Staff lack proper legal and historical training and high turnover contributes to poor institutional memory. Record keeping in the Commission is often in disarray, while research reports are inaccessible or simply absent. This results in a lengthy and frustrating process that has seen many claimants wait more than 20 years to have their claims adjudicated. In the Prudhoe case the Commission produced three different, sometimes conflicting, research reports for the purpose of investigating the merits of the claims. The reports each took nearly five years to complete and when they were finally released the Prudhoe Community still had to appoint an independent historical expert to clarify some of the inaccuracies in the reports. During the course of the Prudhoe trial, the parties realised that the Commission had failed to notify dozens of affected land owners when many arrived at court after reading about the case in the media. This happened twice, even after the Commission had outsources (sic) the function to a private firm of attorneys.  The court was forced to postpone the matter for a further six months. Since the institution of the land claim (in 1998), 109 of the original 124 heads of households have passed away in poverty and never saw their land returned to them.
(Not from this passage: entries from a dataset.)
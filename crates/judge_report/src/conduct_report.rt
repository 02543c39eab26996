// The report on an engine's conduct, line by line.
ghost use Rattle.std.specs.Prelude.{◌≡◌, ◌+◌, ◌≤◌, length, IfSome};
ghost use Rattle.line_io.specs.Lines.{Whole};
ghost use Rattle.line_io.specs.Out.{with};
ghost use Rattle.script_lines.specs.Marks.{plain_mark};
ghost use Rattle.replay_command_base.specs.Putting.{IsOfLine};
ghost use Rattle.judge_report.specs.Reports.{kind_of_log_line};
ghost use Rattle.judge_report.specs.Conducts.{conduct_end, conduct_verdict, counted, mark_fault, no_tally, of_conduct_line, tally_after};
ghost use Rattle.judge_report.specs.declared.report.TheConstants.{LAST_LINES};

use crate::conduct_text::{put_conduct, put_fault};
use crate::report::{LAST_LINES, is_passed};
use engine_conduct::{ConductFault, EngineJudge};
use line_io::Out;
use replay_command_base::{Ending, LineFilter};
use script_lines::{Mark, read_mark};
use session_judge::Listener;
use std::marker::Model;

/// Reports on an engine's conduct in the lines of a log: what is blamed is put as text, and counted. `last` is the line
/// that was blamed last.
#[derive(Drop)]
pub struct ConductReport {
    judge: EngineJudge,
    faults: u64,
    last: u64,
}

impl Model for ConductReport {
    ghost use Rattle.judge_report.specs.Conducts.{Tally};

    ghost Value = { Tally };

    ghost view = { λ r. record { conduct = r.judge; faults = r.faults; last = r.last } };
}

impl ConductReport {
    /// The report on a log that this one wrote. No line was read yet.
    pub fn new(listener: Listener) -> ConductReport
        ensures { result ≡ no_tally listener }
    {
        ConductReport {
            judge: EngineJudge::new(listener),
            faults: 0,
            last: 0,
        }
    }

    fn count(&mut self, fault: Option<ConductFault>)
        ensures { self.new ≡ counted self.old fault }
    {
        if let Some(fault) = fault {
            self.faults = self.faults.saturating_add(1);
            self.last = fault.line;
        }
    }

    // Hears a mark, and puts the fault that it is, if it is one.
    fn hear(&mut self, number: u64, mark: &Mark, text: &mut Out)
        requires { length text.old.text + LAST_LINES ≤ text.old.room }
        ensures tally { self.new ≡ tally_after self.old number (plain_mark mark.now) }
        ensures put { text.new ≡ with text.old (fault_report (mark_fault self.old number
            (plain_mark mark.now))) }
    {
        let fault = self.judge.hear(number, mark);
        self.count(fault);
        put_fault(fault, text);
    }

    // Reads a line by what it is.
    fn take(&mut self, number: u64, line: &[u8], text: &mut Out) -> Option<Ending>
        requires { length text.old.text + LAST_LINES ≤ text.old.room }
        ensures ending { result
            ≡ (of_conduct_line self.old number (kind_of_log_line number (Whole line.now))).ending }
        ensures tally { self.new
            ≡ (of_conduct_line self.old number (kind_of_log_line number (Whole line.now))).tally }
        ensures put { text.new ≡ with text.old
            (of_conduct_line self.old number (kind_of_log_line number (Whole line.now))).more }
        ensures of_line { IfSome result (λ ending. IsOfLine ending) }
    {
        match read_mark(line) {
            Ok(mark) => {
                self.hear(number, &mark, text);
                None
            }
            Err(_) if is_passed(number, line) => None,
            Err(_) => Some(Ending::NoMark(number)),
        }
    }

    // How a run ends: by the line that was blamed last, if all was read and one was.
    fn verdict(&self, ending: Ending) -> Ending
        ensures { result ≡ conduct_verdict self.now ending }
    {
        match ending {
            Ending::Done if self.faults > 0 => Ending::Unlawful(self.last),
            _ => ending,
        }
    }

    // The last text.
    fn close(&self, ending: Ending, text: &mut Out)
        requires { length text.old.text + LAST_LINES ≤ text.old.room }
        ensures { text.new ≡ with text.old (conduct_end self.now ending) }
    {
        match ending {
            Ending::Done => put_conduct(
                self.judge.unjudged_from(),
                self.judge.unplaced(),
                self.faults,
                text,
            ),
            _ => text.put(b""),
        }
    }
}

ghost use Rattle.judge_report.specs.ConductTexts.{fault_report};

impl LineFilter for ConductReport {
    ghost use Rattle.judge_report.specs.Conducts.{blames};

    ghost means = { blames };

    fn line(&mut self, number: u64, line: &[u8], text: &mut Out) -> Option<Ending> {
        self.take(number, line, text)
    }

    fn long(&mut self, number: u64, text: &mut Out) -> Option<Ending> {
        text.put(b"");
        Some(Ending::NoMark(number))
    }

    fn finish(&mut self, ending: Ending, text: &mut Out) -> Ending {
        self.close(ending, text);
        self.verdict(ending)
    }
}
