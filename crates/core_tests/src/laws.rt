// The laws that the layers below the dialogue state, each named once.
use cecp_lines::{lines_are_unambiguous, replies_are_short};
use clock_map::{clocks_stay_short, searches_are_short};
use fen_text::{read_is_normal, written_reads_back};
use option_map::{
    asked_orders_are_spelled, feature_lists_are_short, last_orders_are_held,
    paths_are_set_as_strings,
};
use script_lines::{lines_are_of_one_kind, scripts_are_read_back};
use think_text::{current_stays_writable, thinking_lines_are_short};
use uci_lines::lines_say_one_message;

#[test]
fn laws_hold(_rt: HostRuntime) {
    lines_are_unambiguous();
    replies_are_short();
    lines_say_one_message();
    clocks_stay_short();
    searches_are_short();
    current_stays_writable();
    thinking_lines_are_short();
    feature_lists_are_short();
    last_orders_are_held();
    asked_orders_are_spelled();
    paths_are_set_as_strings();
    lines_are_of_one_kind();
    scripts_are_read_back();
    read_is_normal();
    written_reads_back();
}
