//! An example of each library that README names: `scripts/dev/examples --write` puts them into the libraries' heads.
mod board;
mod dialogue;
mod engine_lines;
mod games;
mod interface_lines;
mod streams;
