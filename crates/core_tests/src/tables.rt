//! The behaviour of the tables beyond what the worked sessions show.
mod options;
mod search_info;
mod settings;
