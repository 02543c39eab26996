// Rows of tables, each a line of a text: fields with bars between, most of them `name=value`.
use crate::board::positions;
use chess_board::Move;
use std::process::Abort;

/// The text before the first bar, and the text behind it: nothing if there is no bar.
pub(crate) fn cut(row: &str) -> (&str, &str) {
    row.split_once('|').unwrap_or((row, ""))
}

/// The first letter of a word that tells of what kind a row is: one is enough, and cheap to prove.
pub(crate) fn first(word: &str) -> u8 {
    match word.as_bytes().first() {
        Some(letter) => *letter,
        None => b' ',
    }
}

/// The value of the field of a name. None if there is no such field.
pub(crate) fn text_in<'a>(fields: &'a str, name: &str) -> Option<&'a str> {
    for field in fields.split('|') {
        if let Some((prefix, value)) = field.split_once('=') {
            if prefix == name {
                return Some(value);
            }
        }
    }
    None
}

/// The value of a field that is there.
pub(crate) fn text_of<'a>(rt: &impl Abort, fields: &'a str, name: &str) -> &'a str {
    text_in(fields, name).expect(rt, name)
}

/// The same as bytes, if there is such a field.
pub(crate) fn bytes_in<'a>(fields: &'a str, name: &str) -> Option<&'a [u8]> {
    match text_in(fields, name) {
        Some(text) => Some(text.as_bytes()),
        None => None,
    }
}

pub(crate) fn bytes_of<'a>(rt: &impl Abort, fields: &'a str, name: &str) -> &'a [u8] {
    text_of(rt, fields, name).as_bytes()
}

/// The number that a text spells.
fn number(rt: &impl Abort, text: &str) -> u64 {
    text.parse::<u64>().expect(rt, text)
}

/// The number of a field, if there is such a field.
pub(crate) fn number_in(rt: &impl Abort, fields: &str, name: &str) -> Option<u64> {
    match text_in(fields, name) {
        Some(text) => Some(number(rt, text)),
        None => None,
    }
}

pub(crate) fn number_of(rt: &impl Abort, fields: &str, name: &str) -> u64 {
    number_in(rt, fields, name).expect(rt, name)
}

pub(crate) fn small_of(rt: &impl Abort, fields: &str, name: &str) -> u32 {
    text_of(rt, fields, name).parse::<u32>().expect(rt, name)
}

pub(crate) fn signed_of(rt: &impl Abort, fields: &str, name: &str) -> i64 {
    text_of(rt, fields, name).parse::<i64>().expect(rt, name)
}

/// The move of a field, if there is such a field.
pub(crate) fn move_in(rt: &impl Abort, fields: &str, name: &str) -> Option<Move> {
    match text_in(fields, name) {
        Some(text) => Some(positions::move_of(rt, text)),
        None => None,
    }
}

pub(crate) fn move_of(rt: &impl Abort, fields: &str, name: &str) -> Move {
    move_in(rt, fields, name).expect(rt, name)
}
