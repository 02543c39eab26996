//! The dialogue with the engine, the desk and the core: what no session that the program `replay` plays shows of them,
//! and their laws.
mod adapter;
mod desk;
mod epochs;
mod laws;
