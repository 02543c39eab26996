//! The lines of both protocols and of scripts, as peers write them and spelled out by hand.
mod engine_side;
mod iface_side;
mod orders;
mod script;
mod talk;
mod uci;
mod words;
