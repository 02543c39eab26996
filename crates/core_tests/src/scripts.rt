//! The program `replay`: inputs in pieces, reads and writes that fail, and the laws of scripts and logs.
mod conduct;
mod laws;
mod replayed;
mod streams;
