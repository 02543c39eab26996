// The lines of a report on an engine's conduct.
ghost use Rattle.std.specs.Prelude.{◌≡◌, ◌+◌, ◌≤◌, length};
ghost use Rattle.line_io.specs.Out.{with};
ghost use Rattle.judge_report.specs.ConductTexts.{conduct_end_line, conduct_last_lines, conduct_rule_text, fault_line, fault_report, unjudged_line, unplaced_line};
ghost use Rattle.judge_report.specs.declared.report.TheConstants.{LAST_LINES};

use crate::report::LAST_LINES;
use crate::text::put_number;
use engine_conduct::{ConductFault, ConductRule};
use line_io::Out;

fn conduct_rule_text(rule: ConductRule) -> &'static [u8]
    ensures text { result.now ≡ conduct_rule_text rule }
    ensures short { length result.now ≤ 11 }
{
    match rule {
        ConductRule::Form => b"form",
        ConductRule::Unasked => b"unasked",
        ConductRule::Late => b"late",
        ConductRule::Declared => b"option",
        ConductRule::Infinite => b"infinite",
        ConductRule::Best => b"move",
        ConductRule::Pv => b"pv",
        ConductRule::SearchMoves => b"searchmoves",
        ConductRule::Ponder => b"ponder",
        ConductRule::Gone => b"gone",
    }
}

fn put_fault_line(line: u64, rule: ConductRule, out: &mut Out)
    requires { length out.old.text + 100 ≤ out.old.room }
    ensures { out.new ≡ with out.old (fault_line line rule) }
{
    put_number(b"fault at line ", line, out);
    out.put(b": ");
    out.put(conduct_rule_text(rule));
    out.put(b"\n");
}

/// Puts the line about a line that is blamed, if one is.
pub(crate) fn put_fault(fault: Option<ConductFault>, out: &mut Out)
    requires { length out.old.text + LAST_LINES ≤ out.old.room }
    ensures { out.new ≡ with out.old (fault_report fault) }
{
    match fault {
        Some(fault) => put_fault_line(fault.line, fault.rule, out),
        None => out.put(b""),
    }
}

// A word, a number, and the line feed.
fn put_counted(word: &[u8], number: u64, out: &mut Out)
    requires { length out.old.text + length word.now + 21 ≤ out.old.room }
    ensures text { out.new ≡ with out.old (counted_line word.now number) }
    ensures short { length out.new.text ≤ length out.old.text + length word.now + 21 }
{
    put_number(word, number, out);
    out.put(b"\n");
}

ghost use Rattle.judge_report.specs.ConductTexts.{counted_line};

fn put_unjudged(from: Option<u64>, out: &mut Out)
    requires { length out.old.text + 50 ≤ out.old.room }
    ensures text { out.new ≡ with out.old (unjudged_line from) }
    ensures short { length out.new.text ≤ length out.old.text + 50 }
{
    match from {
        Some(line) => put_counted(b"not judged from line ", line, out),
        None => out.put(b""),
    }
}

fn put_unplaced(count: u64, out: &mut Out)
    requires { length out.old.text + 60 ≤ out.old.room }
    ensures text { out.new ≡ with out.old (unplaced_line count) }
    ensures short { length out.new.text ≤ length out.old.text + 60 }
{
    match count {
        0 => out.put(b""),
        _ => put_counted(b"searches without a position: ", count, out),
    }
}

fn put_conduct_end(faults: u64, out: &mut Out)
    requires { length out.old.text + 60 ≤ out.old.room }
    ensures text { out.new ≡ with out.old (conduct_end_line faults) }
{
    match faults {
        0 => out.put(b"engine: no fault\n"),
        _ => put_counted(b"engine: faults: ", faults, out),
    }
}

/// Puts what comes last: from which line on nothing was judged, how many searches had no position, and how many faults
/// there are.
pub(crate) fn put_conduct(from: Option<u64>, unplaced: u64, faults: u64, out: &mut Out)
    requires { length out.old.text + LAST_LINES ≤ out.old.room }
    ensures { out.new ≡ with out.old (conduct_last_lines from unplaced faults) }
{
    put_unjudged(from, out);
    put_unplaced(unplaced, out);
    put_conduct_end(faults, out);
}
These findings fit well with the conclusions reached by the Motlanthe High level Panel which Phuhlisani NPC has summarised here.

Rural development
More stories on the devastating impacts of the drought continue to be featured in this section. News 24 reported on a presentation of research by Dr Bongani Ncube at the 20th Waternet symposium on freshwater management. Dr Ncube’s research how highlighted how ill-prepared smallholder farmers were to cope with the severity of the drought. Ncube observes that one of the highest social impacts as a consequence of the drought was the rising levels of theft.

Smallholder farmers “associated drought with pain and a disaster that they couldn’t find words to describe… a ‘killer’ in the farming business”. Dr Ncube highlighted the need for the development of coping and adaptation strategies to mitigate drought and adapt in the context of the mounting climate crisis.

Urban land
As usual our urban land section carries a diversity of news. In previous weeks we have reported on the illegal evictions carried out by the group known Dudula in Alexandra and River Park in Johannesburg. This week the Northeastern Tribune reports on a series of investigations which have been launched into the matter. Apparently separate investigations are being made by the City of Johannesburg, the Public Protector, the Human Rights Commission and the provincial government. Now the Hawks are reported to have settled on the case as well.  Meanwhile those evicted remain forced to squat on small portions of vacant land waiting for an outcome. Given all the actors involved they may have to wait for some time to come.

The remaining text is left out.